401(k) vs IRA: Which Is Better for Retirement?

  1. 3 Can You Contribute to Both a 401(k) and an IRA at the Same Time?

    Many people planning for retirement wonder whether it’s possible — and smart — to contribute to both a 401(k) and an IRA in the same year. The good news is yes, you absolutely can. In fact, combining both accounts can be one of the most effective strategies for maximizing your retirement savings, diversifying your tax exposure, and building long-term financial independence.

    However, there are important IRS rules, income limits, and tax implications to understand before deciding how much to contribute to each. By learning how to use both accounts strategically, you can create a powerful retirement plan that balances current tax benefits with future tax-free growth.
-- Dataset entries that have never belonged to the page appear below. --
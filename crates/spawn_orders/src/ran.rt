//! The list of the jobs that ran.
ghost use Rattle.std.specs.Prelude.{◌≡◌, ◌∷◌, ◌++◌, [], None, Some, IfOk, IfErr, MatchOption};

use crate::fault::OrderFault;
use rayon_core::Refusal;
use std::alloc::Global;
use std::mem;

/// The numbers of the jobs that ran, in the order in which they did, and the first refusal of those that could not run.
#[derive(Drop)]
pub(crate) struct Ran {
    numbers: Vec<i8>,
    refusal: Option<Refusal>,
}

impl Ran {
    /// No job ran, and none was refused.
    pub(crate) fn new(alloc: Global) -> Ran
        ensures { (result.numbers.items ≡ []) × (result.refusal ≡ None) }
    {
        Ran {
            numbers: Vec::new(alloc),
            refusal: None,
        }
    }

    /// A job ran last, with this number. Without memory for the number that is kept as a refusal.
    pub(crate) fn add(&mut self, number: i8)
        ensures added { self.new.refusal ≡ None → (self.old.refusal ≡ None) × (self.new.numbers.items ≡ self.old.numbers.items ++ number ∷ []) }
        ensures kept { MatchOption self.old.refusal (Unit {0}) (λ r. self.new.refusal ≡ Some r) }
    {
        if self.numbers.push(number).is_err() {
            self.refuse(Refusal::NoRoom);
        }
    }

    /// A job could not run, since this was refused. The first refusal is kept.
    pub(crate) fn refuse(&mut self, refusal: Refusal)
        ensures kept { MatchOption self.old.refusal (self.new.refusal ≡ Some refusal) (λ r. self.new.refusal ≡ Some r) }
        ensures numbers { self.new.numbers ≡ self.old.numbers }
    {
        if self.refusal.is_none() {
            self.refusal = Some(refusal);
        }
    }

    /// The numbers, of which none stays, or the refusal that is kept.
    pub(crate) fn take(&mut self, alloc: Global) -> Result<Vec<i8>, OrderFault>
        ensures list { IfOk result (λ ns. (self.old.refusal ≡ None) × (ns.items ≡ self.old.numbers.items)) }
        ensures refused { IfErr result (λ e. MatchOption self.old.refusal ⊥ (λ r. e ≡ OrderFault.Refused r)) }
    {
        match self.refusal {
            None => Ok(mem::replace(&mut self.numbers, Vec::new(alloc))),
            Some(refusal) => Err(OrderFault::Refused(refusal)),
        }
    }
}
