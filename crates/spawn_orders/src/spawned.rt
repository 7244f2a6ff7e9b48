//! The jobs that are spawned.
ghost use Rattle.rayon_core.specs.Worker.{SameWorker};
ghost use Rattle.spawn_orders.specs.Orders.{children_of, leaves_of};
ghost use Rattle.std.specs.Prelude.{◌≡◌, ◌≤◌, ◌*◌, ℕ, pos, IfOk, IfErr, IfSome, IfNone};

use crate::fault::OrderFault;
use crate::ledger::Ledger;
use rayon_core::{
    BroadcastContext, CallError, FnContext, Job, JobKind, NoHandler, Refusal, Scope, ScopeCalls,
    Waits, WorkerThread,
};
use std::alloc::Global;
use std::sync::Arc;

/// By which call a job is spawned.
#[derive(Clone, Copy, Debug, PartialEq, Eq)]
pub enum SpawnCall {
    /// By `spawn`.
    Spawn,
    /// By `spawn_fifo`: in order.
    SpawnFifo,
}

/// What a job does.
#[derive(Clone, Copy, Debug, PartialEq, Eq)]
pub enum Work {
    /// Spawns the jobs of the tens 0 to 9.
    Tens {
        /// By this call.
        outer: SpawnCall,
        /// And these spawn theirs by this one.
        inner: SpawnCall,
    },
    /// Spawns the jobs of ten numbers.
    Ten {
        /// Their digit of tens.
        ten: i8,
        /// The call.
        call: SpawnCall,
    },
    /// Spawns the jobs of 0, -1, 1, -2, 2, -3 and 3.
    Mixed {
        /// Those below 0 by this call.
        below: SpawnCall,
        /// And the others by this one.
        others: SpawnCall,
    },
    /// Opens a scope, and spawns the jobs of the tens 0 to 9 into it.
    Scope {
        /// By this call, as these do theirs.
        call: SpawnCall,
    },
    /// Spawns the jobs of ten numbers into the scope of its own.
    ScopeTen {
        /// Their digit of tens.
        ten: i8,
        /// The call.
        call: SpawnCall,
    },
    /// Puts this number last into the list.
    Leaf(i8),
}

impl Work {
    /// Spawns the jobs of the tens by one call, and these spawn theirs by another.
    pub(crate) fn tens(outer: SpawnCall, inner: SpawnCall) -> Work
        ensures { leaves_of result ≡ 100 }
    {
        Work::Tens { outer, inner }
    }

    /// How many numbers the job, with the jobs below it, puts into the list.
    pub fn leaves(self) -> u64
        ensures { result ≡ leaves_of self }
    {
        match self {
            Work::Tens { .. } => 100,
            Work::Scope { .. } => 100,
            Work::Ten { .. } | Work::ScopeTen { .. } => 10,
            Work::Mixed { .. } => 7,
            Work::Leaf(_) => 1,
        }
    }

    // How many jobs it spawns.
    fn children(self) -> i8
        ensures { result ≡ pos (children_of self) }
    {
        match self {
            Work::Tens { .. } | Work::Ten { .. } | Work::Scope { .. } | Work::ScopeTen { .. } => 10,
            Work::Mixed { .. } => 7,
            Work::Leaf(_) => 0,
        }
    }

    // What the job does that this one spawns at this place, from 0 on, and the call. None of a job that spawns none.
    fn child(self, place: i8) -> Option<(SpawnCall, Work)>
        ensures some { IfSome result (λ c. leaves_of self ≡ children_of self * leaves_of c.1) }
        ensures none { IfNone result (children_of self ≡ 0) }
    {
        match self {
            Work::Tens { outer, inner } => Some((
                outer,
                Work::Ten {
                    ten: place,
                    call: inner,
                },
            )),
            Work::Scope { call } => Some((call, Work::ScopeTen { ten: place, call })),
            Work::Ten { ten, call } => Some((call, leaf_of(ten, place))),
            Work::ScopeTen { ten, call } => Some((call, leaf_of(ten, place))),
            Work::Mixed { below, others } => {
                let half = place / 2;
                if place % 2 == 0 {
                    Some((others, Work::Leaf(half)))
                } else {
                    Some((below, Work::Leaf((-1i8).saturating_sub(half))))
                }
            }
            Work::Leaf(_) => None,
        }
    }
}

// The job of a ten that puts the number at this place of the ten into the list.
fn leaf_of(ten: i8, place: i8) -> Work
    ensures { leaves_of result ≡ 1 }
{
    Work::Leaf(ten.saturating_mul(10).saturating_add(place))
}

/// A job: its number, which is its tag, what it does, and what it shares with the other jobs of its order.
#[derive(Drop)]
pub struct Spawned {
    number: u64,
    work: Work,
    ledger: Arc<Ledger>,
}

impl Spawned {
    /// A job with this number that does this. Refused `NoRoom`.
    pub(crate) fn new(ledger: &Arc<Ledger>, number: u64, work: Work) -> Result<Spawned, Refusal>
        ensures work { IfOk result (λ j. j.work ≡ work) }
        ensures refused { IfErr result (λ r. r ≡ Refusal.NoRoom) }
    {
        match Arc::try_clone(ledger) {
            Ok(ledger) => Ok(Spawned {
                number,
                work,
                ledger,
            }),
            Err(_) => Err(Refusal::NoRoom),
        }
    }

    // The job that this one spawns at this place, which does this. Each job of an order has a number of its own.
    fn below(&self, place: i8, work: Work) -> Result<Spawned, Refusal> {
        let place = u64::from(place.unsigned_abs());
        let number = self.number.saturating_mul(10).saturating_add(place);
        Spawned::new(&self.ledger, number.saturating_add(1), work)
    }
}

impl JobKind for Spawned {
    type Tag = u64;

    type Output = ();

    type Fault = OrderFault;

    type Handler = NoHandler;

    ghost answers = { λ t r. Unit {0} };

    ghost tag_of = { λ j. j.number };

    ghost same_answers = { λ t u e. (λ r h. h, λ i n r h. h) };

    fn tag(&self) -> u64 {
        self.number
    }
}

impl Job for Spawned {
    fn run<R: Waits<Self>>(
        self,
        rt: &R,
        alloc: Global,
        w: &mut WorkerThread<Self>,
        ctx: &mut FnContext<Self>,
    ) -> Result<(), OrderFault> {
        match self.work {
            Work::Leaf(number) => self.ledger.add(rt, number),
            Work::Scope { call } => return scope_all(rt, alloc, w, &self, call),
            Work::ScopeTen { .. } => match ctx.scope() {
                Some(scope) => enter_all(rt, w, scope, &self),
                // (the share of it was refused)
                None => self.ledger.give_up(rt, Refusal::NoRoom, self.work.leaves()),
            },
            Work::Tens { .. } | Work::Ten { .. } | Work::Mixed { .. } => {
                spawn_all(rt, alloc, w, &self)
            }
        }
        Ok(())
    }

    fn run_on<R: Waits<Self>>(
        &self,
        _rt: &R,
        _alloc: Global,
        _w: &mut WorkerThread<Self>,
        _ctx: &mut BroadcastContext<Self>,
    ) -> Result<(), OrderFault> {
        Err(OrderFault::Missing)
    }
}

// Spawns the jobs of this one.
fn spawn_all<R: Waits<Spawned>>(rt: &R, alloc: Global, w: &mut WorkerThread<Spawned>, job: &Spawned)
    ensures same { SameWorker w.old w.new }
{
    for place in 0..job.work.children() {
        if let Some((call, work)) = job.work.child(place) {
            let below = job.below(place, work);
            let spawned = spawn(rt, alloc, w, call, below);
            settle(rt, job, work, spawned);
        }
    }
}

// Spawns a job by this call, if there was memory for it.
fn spawn<R: Waits<Spawned>>(
    rt: &R,
    alloc: Global,
    w: &mut WorkerThread<Spawned>,
    call: SpawnCall,
    job: Result<Spawned, Refusal>,
) -> Result<(), Refusal>
    ensures same { SameWorker w.old w.new }
{
    match (job, call) {
        (Ok(job), SpawnCall::Spawn) => w.spawn(rt, alloc, job).map_err(|(refusal, _)| refusal),
        (Ok(job), SpawnCall::SpawnFifo) => {
            w.spawn_fifo(rt, alloc, job).map_err(|(refusal, _)| refusal)
        }
        (Err(refusal), _) => Err(refusal),
    }
}

// Where a spawn of a job that does this was refused its numbers are given up.
fn settle<R: Waits<Spawned>>(rt: &R, job: &Spawned, work: Work, spawned: Result<(), Refusal>) {
    if let Err(refusal) = spawned {
        job.ledger.give_up(rt, refusal, work.leaves());
    }
}

// Opens a scope, and spawns the jobs of this one into it by this call.
fn scope_all<R: Waits<Spawned>>(
    rt: &R,
    alloc: Global,
    w: &mut WorkerThread<Spawned>,
    job: &Spawned,
    call: SpawnCall,
) -> Result<(), OrderFault>
    requires levels { w.old.levels ≤ R.levels rt.now }
    ensures same { SameWorker w.old w.new }
{
    match call {
        SpawnCall::Spawn => lifo_scope(rt, alloc, w, job),
        SpawnCall::SpawnFifo => fifo_scope(rt, alloc, w, job),
    }
}

// Opens a scope, and spawns the jobs of this one into it.
fn lifo_scope<R: Waits<Spawned>>(
    rt: &R,
    alloc: Global,
    w: &mut WorkerThread<Spawned>,
    job: &Spawned,
) -> Result<(), OrderFault>
    requires levels { w.old.levels ≤ R.levels rt.now }
    ensures same { SameWorker w.old w.new }
{
    let ended = w.scope(rt, alloc, |w, scope| Ok(enter_all(rt, w, scope, job)));
    ended.map_err(CallError::without_sides)?;
    Ok(())
}

// The same of a scope for jobs in order.
fn fifo_scope<R: Waits<Spawned>>(
    rt: &R,
    alloc: Global,
    w: &mut WorkerThread<Spawned>,
    job: &Spawned,
) -> Result<(), OrderFault>
    requires levels { w.old.levels ≤ R.levels rt.now }
    ensures same { SameWorker w.old w.new }
{
    let ended = w.scope_fifo(rt, alloc, |w, scope| Ok(enter_all(rt, w, scope, job)));
    ended.map_err(CallError::without_sides)?;
    Ok(())
}

// Spawns the jobs of this one into a scope.
fn enter_all<R: Waits<Spawned>>(
    rt: &R,
    w: &mut WorkerThread<Spawned>,
    scope: &mut Scope<Spawned>,
    job: &Spawned,
)
    ensures same { SameWorker w.old w.new }
{
    for place in 0..job.work.children() {
        if let Some((call, work)) = job.work.child(place) {
            let below = job.below(place, work);
            let spawned = enter(rt, w, scope, call, below);
            settle(rt, job, work, spawned);
        }
    }
}

// Spawns a job into a scope by this call, if there was memory for it.
fn enter<R: Waits<Spawned>>(
    rt: &R,
    w: &mut WorkerThread<Spawned>,
    scope: &mut Scope<Spawned>,
    call: SpawnCall,
    job: Result<Spawned, Refusal>,
) -> Result<(), Refusal>
    ensures same { SameWorker w.old w.new }
{
    let number = match (job, call) {
        (Ok(job), SpawnCall::Spawn) => scope.spawn(rt, w, job),
        (Ok(job), SpawnCall::SpawnFifo) => scope.spawn_fifo(rt, w, job),
        (Err(refusal), _) => return Err(refusal),
    };
    match number {
        Ok(_) => Ok(()),
        Err((refusal, _)) => Err(refusal),
    }
}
    Why You Should Consider Contributing to Both a 401(k) and an IRA

    A 401(k) and an IRA are not competitors — they’re complements. Each account has unique strengths that fill the other’s gaps. The 401(k) offers higher contribution limits and potential employer matching, while the IRA provides greater investment control and tax flexibility.

    By contributing to both, you can enjoy the best of both worlds:

    • Higher total annual savings across two tax-advantaged accounts.

    • Broader investment options through the IRA’s flexibility.

    • Tax diversification by mixing pre-tax (Traditional) and after-tax (Roth) contributions.

    • Employer matching contributions, which effectively give you free retirement money.

    • Access to both Traditional and Roth tax benefits in one combined strategy.

    For serious savers and long-term planners, this dual approach can accelerate wealth accumulation and provide more retirement income flexibility later on.


    IRS Rules: You Can Contribute to Both, But Know the Limits

    While it’s perfectly legal to contribute to both a 401(k) and an IRA in the same year, there are separate contribution limits for each. You can fully fund both accounts — but you can’t exceed the individual limits set by the IRS.

    Account TypeAnnual Contribution LimitCatch-Up Contribution (Age 50+)
    401(k)$22,500$7,500
    IRA (Traditional or Roth)$6,500$1,000

    These limits apply independently. That means if you’re under 50, you can contribute a maximum of $22,500 to your 401(k) and $6,500 to your IRA — a total of $29,000 per year. If you’re 50 or older, that number jumps to $36,500 with catch-up contributions.

    This setup gives you the flexibility to save aggressively if your budget allows it. Even if you can’t max out both, spreading contributions across them can still yield strong tax and investment benefits.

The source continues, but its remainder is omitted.